Roman polyphonique dense, essentiel, poignant, La Seine était rouge lève le voile de l’oubli sur l’une des pages les plus douloureuses de l’histoire de la France contemporaine.
Née à Aflou, en Algérie, d’un père algérien et d’une mère française, Leïla Sebbar vit aujourd’hui à Paris. Romancière et nouvelliste, elle est l’auteur d’un grand nombre de livres parmi lesquels la trilogie de Shérazade (Stock), Je ne parle pas la langue de mon père (Julliard), Les Femmes au bain (Bleu autour), Le Peintre et son modèle (Al Manar-Alain Gorius), Le Ravin de la femme sauvage (Thierry Magnier), Mon cher fils (Elyzad).
Le visage de pierre
Livre de William Gardner Smith
Fuyant les États-Unis et le racisme qui y règne, Simeon, un noir américain, arrive au début des années 1960 à Paris. Ici, les noirs se promènent sans craindre pour leur vie, et la diaspora américaine a pignon sur rue : dans les cafés, on refait le monde entre deux morceaux de jazz, on discute de politique en séduisant des femmes… Tout semble idyllique dans la plus belle ville du monde. Mais Simeon s’aperçoit bien vite que la France n’est pas le paradis qu’il cherchait. La guerre d’Algérie fait rage, et un peu partout, les Algériens sont arrêtés, battus, assassinés. En rencontrant Hossein, un militant algérien, Simeon comprend qu’on ne peut être heureux dans un monde cerné par le malheur : il ne peut pas rester passif face à l’injustice. Écrit en 1963, Le Visage de pierre fut le seul livre de William Gardner Smith à n’avoir jamais été traduit en français, et l’on comprend pourquoi : pour la première fois, un roman décrivait un des événements les plus indignes de la guerre d’Algérie, le massacre du 17 octobre 1961. Dans cet ouvrage où l’honneur se trouve dans la lutte et dans la solidarité, William Gardner Smith explore les zones d’ombre de notre récit national.

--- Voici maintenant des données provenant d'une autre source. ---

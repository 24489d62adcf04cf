//! The special forms of messages.

use crate::name::Singleton;

/// How a message is evaluated. A loop by `whileTrue:` or `whileFalse:` is none of these: its
/// receiver is a block too.
#[derive(Clone, Copy, Debug, PartialEq, Eq, Hash)]
pub enum Form {
    /// The message is sent.
    Plain,
    /// `ifTrue:`, `ifFalse:`, `and:` or `or:`: the block is evaluated where the receiver is this
    /// truth value, and else the answer is this object.
    OneArm(bool, Singleton),
    /// `ifTrue:ifFalse:` or `ifFalse:ifTrue:`: the first block is evaluated where the receiver is
    /// this truth value, and else the second one.
    TwoArms(bool),
    /// `to:do:`.
    Counting,
    /// `timesRepeat:`.
    Repeating,
}
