//! What holds of every counter and every bag. Each law is the contract of a function that does
//! nothing, and speaks of the definitions of update and merge alone.
ghost use Rattle.std.specs.Prelude.{◌≡◌, ◌↔◌, ℕ, ℤ, List, map, take, slice_get, if◌then◌else◌, Some, None, Ok, Err, IsOk};
ghost use Rattle.std.specs.Ordering.{is_eq};
ghost use Rattle.std.specs.declared.cmp.Ordering.TheVariants.{Equal};
ghost use Rattle.rc_counter_bag.specs.Bag.{IsBag, one_more, one_less, count, updated, merged};
ghost use Rattle.rc_counter_bag.specs.Turns.{raised_twice, sums_merged, updated_twice, merged_twice};
ghost use Rattle.rc_counter_bag.specs.declared.update.BagUpdate.{BagUpdate};
ghost use Rattle.rc_counter_bag.specs.declared.update.BagUpdate.TheVariants.{Add, Remove};

/// Increments of a counter, and adds to a bag, give the same object in either order where neither
/// order is refused; adds never are. So do the merges of two sessions that only add.
///
/// A bag keeps the item that was added first. So two items that compare as equal and differ leave
/// the same occurrences in either order, and the same pairs where no such items are added.
pub fn adds_commute<T: Ord>()
    ensures increments { (value first second one other : ℤ)
        → raised_twice first second value ≡ Some one
        → raised_twice second first value ≡ Some other → one ≡ other }
    ensures merged_increments { (view place : ℤ) (first second : List ℤ) (one other : ℤ)
        → sums_merged view place first second ≡ Some one
        → sums_merged view place second first ≡ Some other → one ≡ other }
    ensures adds { (pairs : List (T × ℕ)) (first second : T)
        → (T.cmp first second ≡ Equal → first ≡ second)
        → updated_twice T.cmp (Add first) (Add second) pairs
        ≡ updated_twice T.cmp (Add second) (Add first) pairs }
    ensures occurrences { (pairs one other : List (T × ℕ)) (first second item : T)
        → IsBag T.cmp pairs
        → updated_twice T.cmp (Add first) (Add second) pairs ≡ Some one
        → updated_twice T.cmp (Add second) (Add first) pairs ≡ Some other
        → count T.cmp item one ≡ count T.cmp item other }
    ensures merged_adds { (view place : List (T × ℕ)) (first second : List T)
        → ((x y : T) → T.cmp x y ≡ Equal → x ≡ y)
        → merged_twice T.cmp view place (map Add first) (map Add second)
        ≡ merged_twice T.cmp view place (map Add second) (map Add first) }
    ensures never_refused { (view place : List (T × ℕ)) (first second : List T)
        → IsOk (merged_twice T.cmp view place (map Add first) (map Add second)) }
{}

/// An add raises the occurrences of its item by one, and a removal lowers them by one, and no
/// other's; occurrences that have come to 2^64 - 1 stay there. A removal is refused exactly where
/// the item doesn't occur. A bag stays one.
pub fn occurrences_follow<T: Ord>()
    ensures add { (pairs more : List (T × ℕ)) (added item : T)
        → IsBag T.cmp pairs → updated T.cmp (Add added) pairs ≡ Some more
        → count T.cmp item more ≡ (if is_eq (T.cmp added item)
        then one_more (count T.cmp item pairs) else count T.cmp item pairs) }
    ensures removal { (pairs less : List (T × ℕ)) (removed item : T)
        → IsBag T.cmp pairs → updated T.cmp (Remove removed) pairs ≡ Some less
        → count T.cmp item less ≡ (if is_eq (T.cmp removed item)
        then one_less (count T.cmp item pairs) else count T.cmp item pairs) }
    ensures refusal { (pairs : List (T × ℕ)) (removed : T) → IsBag T.cmp pairs
        → (updated T.cmp (Remove removed) pairs ≡ None) ↔ (count T.cmp removed pairs ≡ 0) }
    ensures bag { (update : BagUpdate T) (pairs after : List (T × ℕ))
        → IsBag T.cmp pairs → updated T.cmp update pairs ≡ Some after → IsBag T.cmp after }
{}

/// The index that a merge is refused at is that of a removal whose item doesn't occur after the
/// updates before it, which merge.
pub fn first_refusal<T: Ord>()
    ensures { (view place : List (T × ℕ)) (updates : List (BagUpdate T)) (at : ℕ)
        → merged T.cmp view place updates ≡ Err at
        → (before : List (T × ℕ)) × (item : T)
        × (merged T.cmp view place (take at updates) ≡ Ok before)
        × (slice_get updates at ≡ Some (Remove item)) × (count T.cmp item before ≡ 0) }
{}
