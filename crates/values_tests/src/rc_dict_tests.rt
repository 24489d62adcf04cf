// Merges as commits make them, and the calls of a dictionary.
use rc_dict::{DictFault, DictUpdate, KeyDict};
use std::alloc::Global;
use std::process::Abort;
use std::test::Fail;

const fn put(letter: char, value: u32) -> DictUpdate<char, u32> {
    DictUpdate::Put(letter, value)
}

const fn remove(letter: char) -> DictUpdate<char, u32> {
    DictUpdate::Remove(letter)
}

fn dictionary(alloc: Global, entries: &[(char, u32)]) -> Result<KeyDict<char, u32>, Fail> {
    match KeyDict::of_pairs(entries.to_vec(alloc)?) {
        Some(dict) => Ok(dict),
        None => Err(Fail::new("no dictionary")),
    }
}

fn is_wanted(
    merged: &Result<KeyDict<char, u32>, DictFault>,
    want: Result<&[(char, u32)], u64>,
) -> bool {
    match (merged, want) {
        (Ok(dict), Ok(entries)) => dict.pairs() == entries,
        (Err(fault), Err(at)) => *fault == DictFault::Key(at),
        _ => false,
    }
}

// Whether this comes of merging a session's updates of the dictionary at the view with that at the
// place: a dictionary, or the refused update.
fn merges(
    alloc: Global,
    view: &[(char, u32)],
    place: &[(char, u32)],
    updates: &[DictUpdate<char, u32>],
    want: Result<&[(char, u32)], u64>,
) -> Result<bool, Fail> {
    let at_view = dictionary(alloc, view)?;
    let at_place = dictionary(alloc, place)?;
    Ok(is_wanted(&KeyDict::merge(&at_view, &at_place, updates), want))
}

#[test]
fn merges_of_puts(rt: HostRuntime) -> Result<(), Fail> {
    let alloc = rt.alloc();
    // Two sessions put at one key: the second is refused. At two keys both stand.
    let a = [('a', 1)];
    assert!(rt; merges(alloc, &[], &a, &[put('a', 1)], Err(0))?);
    assert!(rt; merges(alloc, &[], &a, &[put('b', 2)], Ok(&[('a', 1), ('b', 2)]))?);
    // The first update whose key was changed is named.
    let updates = [put('b', 7), remove('c'), put('a', 2)];
    assert!(rt; merges(alloc, &[('a', 1), ('c', 3)], &[('a', 2)], &updates, Err(1))?);
    Ok(())
}

#[test]
fn merges_of_removals(rt: HostRuntime) -> Result<(), Fail> {
    let alloc = rt.alloc();
    // A key without a value at the view and at the place may be removed.
    assert!(rt; merges(alloc, &[], &[], &[remove('a')], Ok(&[]))?);
    assert!(rt; merges(alloc, &[('a', 1)], &[], &[remove('a')], Err(0))?);
    Ok(())
}

#[test]
fn last_updates_stand(rt: HostRuntime) -> Result<(), Fail> {
    let alloc = rt.alloc();
    let updates = [put('a', 2), put('b', 3), put('a', 4), remove('b')];
    let after = [('a', 4), ('z', 9)];
    assert!(rt;
        merges(
            alloc,
            &[('a', 1)],
            &[('a', 1), ('z', 9)],
            &updates,
            Ok(&after)
        )?
    );
    Ok(())
}

fn is_no_dictionary(alloc: Global, pairs: &[(char, u32)]) -> Result<bool, Fail> {
    Ok(KeyDict::of_pairs(pairs.to_vec(alloc)?).is_none())
}

#[test]
fn pairs_that_are_no_dictionary(rt: HostRuntime) -> Result<(), Fail> {
    let alloc = rt.alloc();
    assert!(rt; is_no_dictionary(alloc, &[('b', 1), ('a', 1)])?);
    assert!(rt; is_no_dictionary(alloc, &[('a', 1), ('a', 2)])?);
    Ok(())
}

// From these calls a caller's proof learns nothing of the dictionary, so it stays short.
fn apply(dict: &mut KeyDict<char, u32>, update: DictUpdate<char, u32>) -> Result<(), DictFault> {
    dict.apply(update)
}

fn has(dict: &KeyDict<char, u32>, letter: char, value: Option<&u32>) -> bool {
    dict.get(&letter) == value
}

fn check_letters<R: Abort>(rt: &R, dict: &mut KeyDict<char, u32>) -> Result<(), DictFault> {
    apply(dict, put('a', 1))?;
    apply(dict, put('b', 3))?;
    assert_eq!(rt; apply(dict, remove('c')), Err(DictFault::Key(0)));
    assert!(rt; has(dict, 'b', Some(&3)));
    assert!(rt; has(dict, 'c', None));
    apply(dict, remove('a'))
}

fn has_equal_copy(dict: &KeyDict<char, u32>) -> Result<bool, Fail> {
    Ok(dict.try_clone()?.pairs() == dict.pairs())
}

#[test]
fn calls(rt: HostRuntime) -> Result<(), Fail> {
    let mut dict = dictionary(rt.alloc(), &[('b', 2)])?;
    check_letters(&rt, &mut dict)?;
    assert_eq!(rt; dict.size(), 1);
    assert!(rt; has_equal_copy(&dict)?);
    Ok(())
}
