//! What a name stands for.

/// An object that a name of the language always stands for.
#[derive(Clone, Copy, Debug, PartialEq, Eq, Hash)]
pub enum Singleton {
    Nil,
    True,
    False,
}

/// What a name stands for at a place.
#[derive(Clone, Copy, Debug, PartialEq, Eq, Hash)]
pub enum Where {
    /// The receiver of the method.
    Receiver,
    /// This object.
    Fixed(Singleton),
    /// A variable: how many scopes lie between, from 0, and its index in its scope.
    Variable(usize, usize),
    /// No variable that is in scope: an instance variable, a global, or nothing.
    OutOfScope,
}
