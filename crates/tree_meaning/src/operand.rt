//! What the special forms ask of values.

/// What a value is as a condition.
#[derive(Clone, Copy, Debug, PartialEq, Eq, Hash)]
pub enum Truth {
    True,
    False,
    /// It is no Boolean.
    Neither,
}

/// What two values are as the ends of a counting loop.
#[derive(Clone, Copy, Debug, PartialEq, Eq, Hash)]
pub enum Pair {
    /// Two integers, the first number and the limit.
    Ints(i64, i64),
    /// Not both of them are integers.
    Others,
}
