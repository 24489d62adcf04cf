//! What goes away from a body and what comes.
ghost use Rattle.std.specs.Prelude.{◌+◌, ◌-◌, ◌≡◌};
ghost use Rattle.gem_object.specs.declared.body.Body.{Body};
ghost use Rattle.body_growth.specs.Changes.{Changes, counted};

/// The slots that go away from a body and those that come, and so of the bytes that its fields take
/// where it is stored. A number of bytes stays at 2^64 - 1 once it is there.
#[derive(Clone, Copy, Debug, PartialEq, Eq)]
pub struct Change {
    /// Two at most.
    pub slots_freed: u64,
    pub slots_taken: u64,
    pub bytes_freed: u64,
    pub bytes_taken: u64,
}

impl Change {
    /// The change where slots and bytes stay as they are.
    pub fn none() -> Change
        ensures { (body : Body) → Changes result body body }
    {
        Change {
            slots_freed: 0,
            slots_taken: 0,
            bytes_freed: 0,
            bytes_taken: 0,
        }
    }

    /// The slots after the change, where there were so many before. The number stays at 2^64 - 1
    /// once it is there.
    pub fn slots_after(self, slots: u64) -> u64
        ensures { result ≡ counted (slots - self.slots_freed + self.slots_taken) }
    {
        slots
            .saturating_sub(self.slots_freed)
            .saturating_add(self.slots_taken)
    }

    /// The bytes after the change, where there were so many before. The number stays at 2^64 - 1
    /// once it is there, so it is exact where neither that before nor that after stands there.
    pub fn bytes_after(self, bytes: u64) -> u64
        ensures { result ≡ counted (bytes - self.bytes_freed + self.bytes_taken) }
    {
        bytes
            .saturating_sub(self.bytes_freed)
            .saturating_add(self.bytes_taken)
    }
}
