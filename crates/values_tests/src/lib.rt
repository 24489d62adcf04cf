//! Room: values. Tests crates of the room, a file for each.
//!
//! A crate that has its tests in itself is proved once more with them.
#![tactic(auto)]

#[cfg(test)]
mod gem_value_tests;
#[cfg(test)]
mod rc_counter_bag_tests;
#[cfg(test)]
mod rc_dict_tests;
#[cfg(test)]
mod rc_queue_tests;
#[cfg(test)]
mod seg_rights_tests;
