//! How an edit of one place changes a body. All take constant time but for the search of a key.
ghost use Rattle.std.specs.Prelude.{◌≡◌, option_copied};
ghost use Rattle.gem_object.specs.Edits.{slot_at, with_slot, with_slot_more, with_value_at, without_slot, without_value_at};
ghost use Rattle.gem_object.specs.Sizes.{pair_size};
ghost use Rattle.body_growth.specs.Changes.{Changes, counted};

use crate::change::Change;
use gem_object::{Body, Value};

// What the slot at a place of a Plain body holds.
#[inline(always)]
fn slot(body: &Body, at: usize) -> Option<&Value>
    ensures { option_copied result ≡ slot_at at body.now }
{
    match body {
        Body::Plain(values) => values.as_slice().get(at),
        _ => None,
    }
}

/// A value comes into a slot. Where there is no such slot nothing changes.
#[inline(always)]
pub fn slot_replaced(body: &Body, at: usize, value: &Value) -> Change
    ensures { Changes result body.now (with_slot at value.now body.now) }
{
    let Some(old) = slot(body, at) else {
        return Change::none();
    };
    Change {
        slots_freed: 0,
        slots_taken: 0,
        bytes_freed: old.stored_bytes(),
        bytes_taken: value.stored_bytes(),
    }
}

/// A slot with this value comes at a place of a Plain body. A body of another kind stays as it is.
pub fn slot_inserted(body: &Body, at: usize, value: &Value) -> Change
    ensures { Changes result body.now (with_slot_more at value.now body.now) }
{
    match body {
        Body::Plain(_) => Change {
            slots_freed: 0,
            slots_taken: 1,
            bytes_freed: 0,
            bytes_taken: value.stored_bytes(),
        },
        _ => Change::none(),
    }
}

/// The slot at a place goes away. Where there is no such slot nothing changes.
pub fn slot_removed(body: &Body, at: usize) -> Change
    ensures { Changes result body.now (without_slot at body.now) }
{
    let Some(old) = slot(body, at) else {
        return Change::none();
    };
    Change {
        slots_freed: 1,
        slots_taken: 0,
        bytes_freed: old.stored_bytes(),
        bytes_taken: 0,
    }
}

/// The bytes of a key and a value.
pub(crate) fn pair_bytes(key: &Value, value: &Value) -> u64
    ensures { result ≡ counted (pair_size (key.now, value.now)) }
{
    key.stored_bytes().saturating_add(value.stored_bytes())
}

/// A value comes at a key of a Dict body: a key that is there keeps its place, and a new one comes
/// last. A body of another kind stays as it is.
pub fn pair_put(body: &Body, key: &Value, value: &Value) -> Change
    ensures { Changes result body.now (with_value_at key.now value.now body.now) }
{
    let Body::Dict(_) = body else {
        return Change::none();
    };
    match body.value_at(key) {
        Some(old) => Change {
            slots_freed: 0,
            slots_taken: 0,
            bytes_freed: old.stored_bytes(),
            bytes_taken: value.stored_bytes(),
        },
        None => Change {
            slots_freed: 0,
            slots_taken: 2,
            bytes_freed: 0,
            bytes_taken: pair_bytes(key, value),
        },
    }
}

/// A key's pair goes away from a Dict body. Where there is no such key nothing changes.
pub fn pair_removed(body: &Body, key: &Value) -> Change
    ensures { Changes result body.now (without_value_at key.now body.now) }
{
    let Some(old) = body.value_at(key) else {
        return Change::none();
    };
    Change {
        slots_freed: 2,
        slots_taken: 0,
        bytes_freed: pair_bytes(key, old),
        bytes_taken: 0,
    }
}
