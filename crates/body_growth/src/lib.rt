//! Room: values. Tells how an edit or an update changes the slots and the stored bytes of a body,
//! from the place that it changes. Knows nothing of the limits of objects. Its tests stand in
//! `updates_tests`.
#![tactic(auto)]

mod change;
mod edits;
mod updates;

pub use change::Change;
pub use edits::{pair_put, pair_removed, slot_inserted, slot_removed, slot_replaced};
pub use updates::body_updated;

Le 17 octobre des Algériens
Livre de Marcel et Paulette Péju
À cinq mois de la fin de la guerre d’Algérie, le 17 octobre 1961, Paris a connu le plus grand massacre de gens du peuple depuis la Semaine sanglante de 1871. Des dizaines de milliers d’Algériens manifestant sans armes ont été violemment réprimés par des policiers aux ordres du préfet Maurice Papon, faisant peut-être deux cents morts. Et pendant une trentaine d’années, ce drame a été « oublié ». Pourtant, dès l’époque, des femmes et hommes courageux ont tenté de le faire connaître. En témoigne le texte inédit que Marcel et Paulette Péju devaient faire paraître à l’été 1962 et publié ici pour la première fois. Nourri de nombreux témoignages d’Algériens recueillis à chaud, sa lecture ne laisse pas indemne.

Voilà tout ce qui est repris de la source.